*** Opening Dataset excerpts ***

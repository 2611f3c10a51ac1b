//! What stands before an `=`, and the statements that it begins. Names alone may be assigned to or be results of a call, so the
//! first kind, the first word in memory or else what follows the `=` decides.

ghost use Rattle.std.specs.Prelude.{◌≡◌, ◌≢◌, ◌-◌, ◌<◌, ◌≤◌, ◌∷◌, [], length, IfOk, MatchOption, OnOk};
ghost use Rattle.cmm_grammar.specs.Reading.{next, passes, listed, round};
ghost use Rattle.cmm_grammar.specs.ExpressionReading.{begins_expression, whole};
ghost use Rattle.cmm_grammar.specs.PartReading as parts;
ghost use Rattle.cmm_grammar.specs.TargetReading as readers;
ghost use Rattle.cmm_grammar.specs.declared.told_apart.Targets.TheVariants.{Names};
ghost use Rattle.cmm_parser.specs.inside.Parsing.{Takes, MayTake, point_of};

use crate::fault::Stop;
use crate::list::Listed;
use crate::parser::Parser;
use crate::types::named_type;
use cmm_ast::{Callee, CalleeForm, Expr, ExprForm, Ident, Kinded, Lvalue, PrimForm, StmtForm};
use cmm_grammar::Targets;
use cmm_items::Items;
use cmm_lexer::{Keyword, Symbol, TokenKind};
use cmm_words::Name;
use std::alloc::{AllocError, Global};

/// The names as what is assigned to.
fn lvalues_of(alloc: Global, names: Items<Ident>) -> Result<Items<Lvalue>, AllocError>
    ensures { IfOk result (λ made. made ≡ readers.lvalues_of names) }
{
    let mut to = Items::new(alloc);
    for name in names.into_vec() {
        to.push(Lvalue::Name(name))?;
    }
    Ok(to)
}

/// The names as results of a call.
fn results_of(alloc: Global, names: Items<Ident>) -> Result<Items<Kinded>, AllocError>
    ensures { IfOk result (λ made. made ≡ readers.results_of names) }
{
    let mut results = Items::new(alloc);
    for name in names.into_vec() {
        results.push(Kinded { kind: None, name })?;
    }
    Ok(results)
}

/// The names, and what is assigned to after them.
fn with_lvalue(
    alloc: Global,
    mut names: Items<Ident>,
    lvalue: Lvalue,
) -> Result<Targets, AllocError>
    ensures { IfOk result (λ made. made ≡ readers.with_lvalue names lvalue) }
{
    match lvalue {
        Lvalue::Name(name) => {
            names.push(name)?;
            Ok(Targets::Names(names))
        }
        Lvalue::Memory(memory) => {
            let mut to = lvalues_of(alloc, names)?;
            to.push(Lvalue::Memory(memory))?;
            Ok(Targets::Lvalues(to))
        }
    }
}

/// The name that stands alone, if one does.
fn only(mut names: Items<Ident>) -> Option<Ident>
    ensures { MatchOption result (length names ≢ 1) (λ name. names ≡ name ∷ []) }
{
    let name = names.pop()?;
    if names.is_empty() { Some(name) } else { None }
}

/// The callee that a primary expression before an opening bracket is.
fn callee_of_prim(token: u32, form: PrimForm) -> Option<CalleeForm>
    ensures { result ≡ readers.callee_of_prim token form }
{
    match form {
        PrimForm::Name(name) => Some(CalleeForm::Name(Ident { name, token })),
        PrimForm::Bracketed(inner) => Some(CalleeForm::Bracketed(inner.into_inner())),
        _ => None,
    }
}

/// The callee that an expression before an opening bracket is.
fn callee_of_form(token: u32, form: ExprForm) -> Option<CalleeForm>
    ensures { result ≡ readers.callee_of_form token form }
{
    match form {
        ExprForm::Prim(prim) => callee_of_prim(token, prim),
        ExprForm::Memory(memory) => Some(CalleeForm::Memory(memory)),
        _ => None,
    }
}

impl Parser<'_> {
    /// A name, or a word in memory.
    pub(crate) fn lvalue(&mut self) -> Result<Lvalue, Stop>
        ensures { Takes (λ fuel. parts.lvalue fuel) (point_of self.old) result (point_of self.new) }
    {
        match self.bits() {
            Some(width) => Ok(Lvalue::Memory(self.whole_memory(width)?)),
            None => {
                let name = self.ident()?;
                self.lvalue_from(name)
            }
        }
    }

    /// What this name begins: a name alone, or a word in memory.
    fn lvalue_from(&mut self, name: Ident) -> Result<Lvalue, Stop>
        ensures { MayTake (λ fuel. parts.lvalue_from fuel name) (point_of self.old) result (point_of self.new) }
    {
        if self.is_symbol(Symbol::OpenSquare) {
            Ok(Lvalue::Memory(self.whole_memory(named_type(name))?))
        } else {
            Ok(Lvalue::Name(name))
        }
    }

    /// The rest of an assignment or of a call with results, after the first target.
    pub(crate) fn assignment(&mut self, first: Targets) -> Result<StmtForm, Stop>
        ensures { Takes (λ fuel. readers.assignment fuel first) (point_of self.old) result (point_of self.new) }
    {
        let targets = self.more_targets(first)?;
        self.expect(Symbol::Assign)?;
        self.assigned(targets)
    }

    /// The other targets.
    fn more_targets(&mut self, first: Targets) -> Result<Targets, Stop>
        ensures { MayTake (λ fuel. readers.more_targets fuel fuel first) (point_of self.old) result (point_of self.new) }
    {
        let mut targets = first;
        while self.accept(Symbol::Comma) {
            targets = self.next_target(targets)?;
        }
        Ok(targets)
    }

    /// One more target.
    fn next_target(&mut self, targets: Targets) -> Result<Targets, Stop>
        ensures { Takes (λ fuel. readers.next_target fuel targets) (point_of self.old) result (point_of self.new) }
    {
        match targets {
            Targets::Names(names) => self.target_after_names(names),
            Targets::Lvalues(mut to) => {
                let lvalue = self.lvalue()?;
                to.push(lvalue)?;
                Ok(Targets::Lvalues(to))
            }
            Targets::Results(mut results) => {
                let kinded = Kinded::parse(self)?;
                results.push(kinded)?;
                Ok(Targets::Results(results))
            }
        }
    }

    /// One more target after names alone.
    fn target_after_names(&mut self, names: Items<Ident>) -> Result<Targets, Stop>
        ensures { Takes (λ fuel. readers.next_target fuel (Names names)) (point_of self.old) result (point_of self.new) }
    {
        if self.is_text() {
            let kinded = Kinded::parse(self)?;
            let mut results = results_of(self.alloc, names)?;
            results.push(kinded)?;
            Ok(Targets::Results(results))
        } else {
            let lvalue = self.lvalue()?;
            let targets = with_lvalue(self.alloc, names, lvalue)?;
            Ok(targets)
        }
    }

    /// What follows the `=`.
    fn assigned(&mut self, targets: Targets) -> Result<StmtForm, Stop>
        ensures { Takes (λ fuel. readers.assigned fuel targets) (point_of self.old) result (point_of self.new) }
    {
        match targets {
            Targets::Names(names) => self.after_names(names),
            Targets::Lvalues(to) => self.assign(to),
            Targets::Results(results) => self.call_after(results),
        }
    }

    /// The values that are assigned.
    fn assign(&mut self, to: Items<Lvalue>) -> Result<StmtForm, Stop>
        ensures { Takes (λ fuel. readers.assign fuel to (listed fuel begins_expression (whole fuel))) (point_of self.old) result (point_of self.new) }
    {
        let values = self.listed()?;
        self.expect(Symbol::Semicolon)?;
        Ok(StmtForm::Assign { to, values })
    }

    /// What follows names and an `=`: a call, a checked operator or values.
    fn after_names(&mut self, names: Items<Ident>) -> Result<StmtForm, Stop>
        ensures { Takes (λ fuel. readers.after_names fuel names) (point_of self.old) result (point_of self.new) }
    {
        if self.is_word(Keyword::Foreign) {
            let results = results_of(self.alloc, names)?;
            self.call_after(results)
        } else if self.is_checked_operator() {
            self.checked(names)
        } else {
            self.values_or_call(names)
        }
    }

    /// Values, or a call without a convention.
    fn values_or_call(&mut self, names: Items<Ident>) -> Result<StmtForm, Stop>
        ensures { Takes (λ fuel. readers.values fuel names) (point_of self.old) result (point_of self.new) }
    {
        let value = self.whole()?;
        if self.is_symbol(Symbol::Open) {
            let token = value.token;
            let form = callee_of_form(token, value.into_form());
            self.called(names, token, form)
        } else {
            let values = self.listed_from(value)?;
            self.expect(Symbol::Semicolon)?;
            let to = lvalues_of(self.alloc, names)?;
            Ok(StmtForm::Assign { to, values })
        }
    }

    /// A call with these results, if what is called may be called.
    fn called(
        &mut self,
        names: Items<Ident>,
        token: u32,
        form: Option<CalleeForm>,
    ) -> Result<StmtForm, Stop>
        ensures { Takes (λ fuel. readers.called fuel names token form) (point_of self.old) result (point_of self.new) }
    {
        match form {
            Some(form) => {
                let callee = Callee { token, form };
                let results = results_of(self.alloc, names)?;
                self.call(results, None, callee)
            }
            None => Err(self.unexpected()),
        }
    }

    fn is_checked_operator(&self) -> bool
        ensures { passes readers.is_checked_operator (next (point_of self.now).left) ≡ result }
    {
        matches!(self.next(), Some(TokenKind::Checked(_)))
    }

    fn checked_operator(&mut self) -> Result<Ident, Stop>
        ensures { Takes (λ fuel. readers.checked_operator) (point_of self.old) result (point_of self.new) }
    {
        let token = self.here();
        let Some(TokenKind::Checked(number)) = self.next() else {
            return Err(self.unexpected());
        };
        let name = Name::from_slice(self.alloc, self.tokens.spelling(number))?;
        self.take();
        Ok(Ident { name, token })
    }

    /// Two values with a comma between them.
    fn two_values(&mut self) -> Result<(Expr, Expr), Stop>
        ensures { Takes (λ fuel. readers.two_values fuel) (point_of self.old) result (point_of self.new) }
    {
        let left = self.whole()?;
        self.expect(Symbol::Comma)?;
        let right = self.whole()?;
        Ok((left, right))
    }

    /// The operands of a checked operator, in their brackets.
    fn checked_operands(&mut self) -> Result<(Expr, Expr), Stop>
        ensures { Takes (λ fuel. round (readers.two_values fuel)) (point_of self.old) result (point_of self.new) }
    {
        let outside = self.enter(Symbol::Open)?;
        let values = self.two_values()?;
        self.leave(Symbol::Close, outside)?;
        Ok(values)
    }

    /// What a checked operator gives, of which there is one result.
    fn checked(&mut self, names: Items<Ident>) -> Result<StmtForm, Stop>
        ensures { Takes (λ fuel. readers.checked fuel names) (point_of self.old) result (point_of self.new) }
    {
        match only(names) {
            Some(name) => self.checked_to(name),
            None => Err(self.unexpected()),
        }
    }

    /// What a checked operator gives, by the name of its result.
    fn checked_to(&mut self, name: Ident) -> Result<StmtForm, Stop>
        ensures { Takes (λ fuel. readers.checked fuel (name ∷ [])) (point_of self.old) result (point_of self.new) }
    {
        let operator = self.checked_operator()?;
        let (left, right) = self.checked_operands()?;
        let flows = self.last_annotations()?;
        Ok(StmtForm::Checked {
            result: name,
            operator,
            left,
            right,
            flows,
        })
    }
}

*** Closing Dataset excerpts ***

> _Aim of the exercise_
For the records above, state how many lines contain the word "Keyword". Give only the number.

> _Exercise result_
2